> WHAT THE TASK REQUIRES:
Among the lines below, take the one holding "value_record (row_numbers rows.now)", the one holding "solve_record (row_numbers rows.now)", and all lines between them. Set them down exactly.

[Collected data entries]
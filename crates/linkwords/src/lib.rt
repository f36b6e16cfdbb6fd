// The calls that a host links (include/linkwords.h): each is one line over the crate that does the work, and has its
// statement. A slice is a pointer and then a length.
#![tactic(auto)]

ghost use Rattle.std.specs.Prelude.{◌≡◌, length};
ghost use Rattle.terms.specs.Value.{value_record, value_after};
ghost use Rattle.forms.specs.Call.{form_record, form_after};
ghost use Rattle.terms.specs.Table.{row_numbers};
ghost use Rattle.sheets.specs.Call.{sheet_record, table_after};
ghost use Rattle.answers.specs.Solve.{solve_record, answer_after, work_after};
ghost use Rattle.answers.specs.RightSide.{right_side_start, right_side_length};
ghost use Rattle.assignments.specs.Matching.{make_record, make_after, make_work};
ghost use Rattle.windows.specs.Call.{positions_record, positions_after};
ghost use Rattle.recordings.specs.Call.{recordings_record};
ghost use Rattle.inclusion.specs.Call.{compare_record, compare_work};
ghost use Rattle.jobs.specs.Call.{open_record, open_job, open_work, step_record, step_job, step_work, job_answer_record, job_answer_after};
ghost use Rattle.result_sheets.specs.Page.{page_text};

use answers::Part;
use jobs::Job;
use result_sheets::Page;
use terms::{Record, Row};

// A row's value under a pattern.
#[unsafe(no_mangle)]
pub extern "C" fn lw_value(table: &[u16], row: usize, pattern: &[u8], value: &mut [u8]) -> Record
    ensures record { result ≡ value_record table.now row pattern.now (length value.old) }
    ensures value { value.new ≡ value_after table.now row pattern.now value.old }
{
    evaluator::value(table, row, pattern, value)
}

// The normal form of a row, four numbers for each piece.
#[unsafe(no_mangle)]
pub extern "C" fn lw_normal_form(table: &[u16], row: usize, form: &mut [u16]) -> Record
    ensures record { result ≡ form_record table.now row (length form.old) }
    ensures form { form.new ≡ form_after table.now row form.old }
{
    normalizer::normal_form(table, row, form)
}

// The table that a sheet describes.
#[unsafe(no_mangle)]
pub extern "C" fn lw_read_sheet(sheet: &[u8], table: &mut [u16]) -> Record
    ensures record { result ≡ sheet_record sheet.now (length table.old) }
    ensures table { table.new ≡ table_after sheet.now table.old }
{
    reader::read_sheet(sheet, table)
}

// Solves a table.
#[unsafe(no_mangle)]
pub extern "C" fn lw_solve(table: &[u16], answer: &mut [u16], work: &mut [u16]) -> Record
    ensures record { result ≡ solve_record table.now (length answer.old) (length work.old) }
    ensures answer { answer.new ≡ answer_after table.now answer.old (length work.old) }
    ensures work { work.new ≡ work_after table.now (length answer.old) work.old }
{
    solver::solve(table, answer, work)
}

// Solves a table in whole pieces: what `lw_solve` says of it, number by number.
#[unsafe(no_mangle)]
pub extern "C" fn lw_solve_pieces(table: &[u16], answer: &mut [u16], work: &mut [u16]) -> Record
    ensures record { result ≡ solve_record table.now (length answer.old) (length work.old) }
    ensures answer { answer.new ≡ answer_after table.now answer.old (length work.old) }
    ensures work { work.new ≡ work_after table.now (length answer.old) work.old }
{
    piecewise::solve(table, answer, work)
}

// Where the right side of a variable stands in an answer table.
#[unsafe(no_mangle)]
pub extern "C" fn lw_right_side(answer: &[u16], rows_in_use: usize, variable: usize) -> Part
    ensures start { result.start ≡ right_side_start answer.now rows_in_use variable }
    ensures len { result.len ≡ right_side_length answer.now rows_in_use variable }
{
    answer_table::right_part(answer, rows_in_use, variable)
}

// The pattern that the answer solved from a table gives at fresh bits.
#[unsafe(no_mangle)]
pub extern "C" fn lw_make_pattern(
    table: &[u16],
    answer: &[u16],
    fresh: &[u8],
    pattern: &mut [u8],
    work: &mut [u16],
) -> Record
    ensures record { result ≡ make_record table.now answer.now fresh.now (length pattern.old) (length work.old) }
    ensures pattern { pattern.new ≡ make_after table.now answer.now fresh.now pattern.old (length work.old) }
    ensures work { work.new ≡ make_work table.now answer.now fresh.now (length pattern.old) work.old }
{
    matcher::make_pattern(table, answer, fresh, pattern, work)
}

// The starts at which the words of a run meet a table.
#[unsafe(no_mangle)]
pub extern "C" fn lw_marker_positions(table: &[u16], words: &[u16], list: &mut [u32]) -> Record
    ensures record { result ≡ positions_record table.now words.now }
    ensures list { list.new ≡ positions_after table.now words.now list.old }
{
    positions::marker_positions(table, words, list)
}

// Two recordings of the same frames, compared by a table.
#[unsafe(no_mangle)]
pub extern "C" fn lw_compare_recordings(table: &[u16], sent: &[u16], received: &[u16]) -> Record
    ensures record { result ≡ recordings_record table.now sent.now received.now }
{
    merger::compare_recordings(table, sent, received)
}

// Compares two tables with the same variables by the patterns that meet them. They may be the same memory.
#[unsafe(no_mangle)]
pub extern "C" fn lw_compare_tables(first: &[u16], second: &[u16], work: &mut [u16]) -> Record
    ensures record { result ≡ compare_record first.now second.now (length work.old) }
    ensures work { work.new ≡ compare_work first.now second.now work.old }
{
    comparer::compare_tables(first, second, work)
}

// A page of the result sheet of a record and an answer table, by its number.
#[unsafe(no_mangle)]
pub extern "C" fn lw_page(found: Record, answer: &[u16], number: usize) -> Page
    ensures bytes { result.bytes ≡ page_text found answer.now number }
{
    pages::make_page(found, answer, number)
}

// The same calls on a table that is lent as row records. The records are copied as numbers into an area of 513 rows, one more than
// a table may have, and the call is made on those. Each says of all rows lent what the call on numbers says.

// A row's value under a pattern.
#[unsafe(no_mangle)]
pub extern "C" fn lw_value_rows(
    rows: &[Row],
    row: usize,
    pattern: &[u8],
    value: &mut [u8],
) -> Record
    ensures record { result ≡ value_record (row_numbers rows.now) row pattern.now (length value.old) }
    ensures value { value.new ≡ value_after (row_numbers rows.now) row pattern.now value.old }
{
    let mut flat = [0u16; rows::AREA];
    let used = rows::flatten(rows, &mut flat[..]);
    evaluator::value(&flat[..used], row, pattern, value)
}

// The normal form of a row, four numbers for each piece.
#[unsafe(no_mangle)]
pub extern "C" fn lw_normal_form_rows(rows: &[Row], row: usize, form: &mut [u16]) -> Record
    ensures record { result ≡ form_record (row_numbers rows.now) row (length form.old) }
    ensures form { form.new ≡ form_after (row_numbers rows.now) row form.old }
{
    let mut flat = [0u16; rows::AREA];
    let used = rows::flatten(rows, &mut flat[..]);
    normalizer::normal_form(&flat[..used], row, form)
}

// Solves a table.
#[unsafe(no_mangle)]
pub extern "C" fn lw_solve_rows(rows: &[Row], answer: &mut [u16], work: &mut [u16]) -> Record
    ensures record { result ≡ solve_record (row_numbers rows.now) (length answer.old) (length work.old) }
    ensures answer { answer.new ≡ answer_after (row_numbers rows.now) answer.old (length work.old) }
    ensures work { work.new ≡ work_after (row_numbers rows.now) (length answer.old) work.old }
{
    let mut flat = [0u16; rows::AREA];
    let used = rows::flatten(rows, &mut flat[..]);
    solver::solve(&flat[..used], answer, work)
}

// A job kept open: it is lent, and stored back as the call leaves it.

// Opens a job on a table.
#[unsafe(no_mangle)]
pub extern "C" fn lw_job_open(table: &[u16], job: &mut Job, work: &mut [u16]) -> Record
    ensures record { result ≡ open_record table.now (length work.old) }
    ensures next { job.new.next ≡ (open_job table.now job.old.next job.old.ties (length work.old)).next }
    ensures ties { job.new.ties ≡ (open_job table.now job.old.next job.old.ties (length work.old)).ties }
    ensures work { work.new ≡ open_work table.now work.old }
{
    let step = stepper::open_at(table, *job, work);
    *job = step.job;
    step.found
}

// Takes the next equation of a job.
#[unsafe(no_mangle)]
pub extern "C" fn lw_job_step(table: &[u16], job: &mut Job, work: &mut [u16]) -> Record
    ensures record { result ≡ step_record table.now job.old.next job.old.ties work.old }
    ensures next { job.new.next ≡ (step_job table.now job.old.next job.old.ties work.old).next }
    ensures ties { job.new.ties ≡ (step_job table.now job.old.next job.old.ties work.old).ties }
    ensures work { work.new ≡ step_work table.now job.old.next job.old.ties work.old }
{
    let step = stepper::step_at(table, *job, work);
    *job = step.job;
    step.found
}

// What the next step of a job would return.
#[unsafe(no_mangle)]
pub extern "C" fn lw_job_preview(table: &[u16], job: &Job, work: &[u16]) -> Record
    ensures record { result ≡ step_record table.now job.now.next job.now.ties work.now }
{
    stepper::preview_at(table, *job, work)
}

// The answer so far of a job.
#[unsafe(no_mangle)]
pub extern "C" fn lw_job_answer(
    table: &[u16],
    job: &Job,
    work: &[u16],
    answer: &mut [u16],
) -> Record
    ensures record { result ≡ job_answer_record table.now job.now.next job.now.ties work.now (length answer.old) }
    ensures answer { answer.new ≡ job_answer_after table.now job.now.next job.now.ties work.now answer.old }
{
    stepper::answer_at(table, *job, work, answer)
}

> EXERCISE SOLUTION:
    ensures record { result ≡ value_record (row_numbers rows.now) row pattern.now (length value.old) }
    ensures value { value.new ≡ value_after (row_numbers rows.now) row pattern.now value.old }
{
    let mut flat = [0u16; rows::AREA];
    let used = rows::flatten(rows, &mut flat[..]);
    evaluator::value(&flat[..used], row, pattern, value)
}

// The normal form of a row, four numbers for each piece.
#[unsafe(no_mangle)]
pub extern "C" fn lw_normal_form_rows(rows: &[Row], row: usize, form: &mut [u16]) -> Record
    ensures record { result ≡ form_record (row_numbers rows.now) row (length form.old) }
    ensures form { form.new ≡ form_after (row_numbers rows.now) row form.old }
{
    let mut flat = [0u16; rows::AREA];
    let used = rows::flatten(rows, &mut flat[..]);
    normalizer::normal_form(&flat[..used], row, form)
}

// Solves a table.
#[unsafe(no_mangle)]
pub extern "C" fn lw_solve_rows(rows: &[Row], answer: &mut [u16], work: &mut [u16]) -> Record
    ensures record { result ≡ solve_record (row_numbers rows.now) (length answer.old) (length work.old) }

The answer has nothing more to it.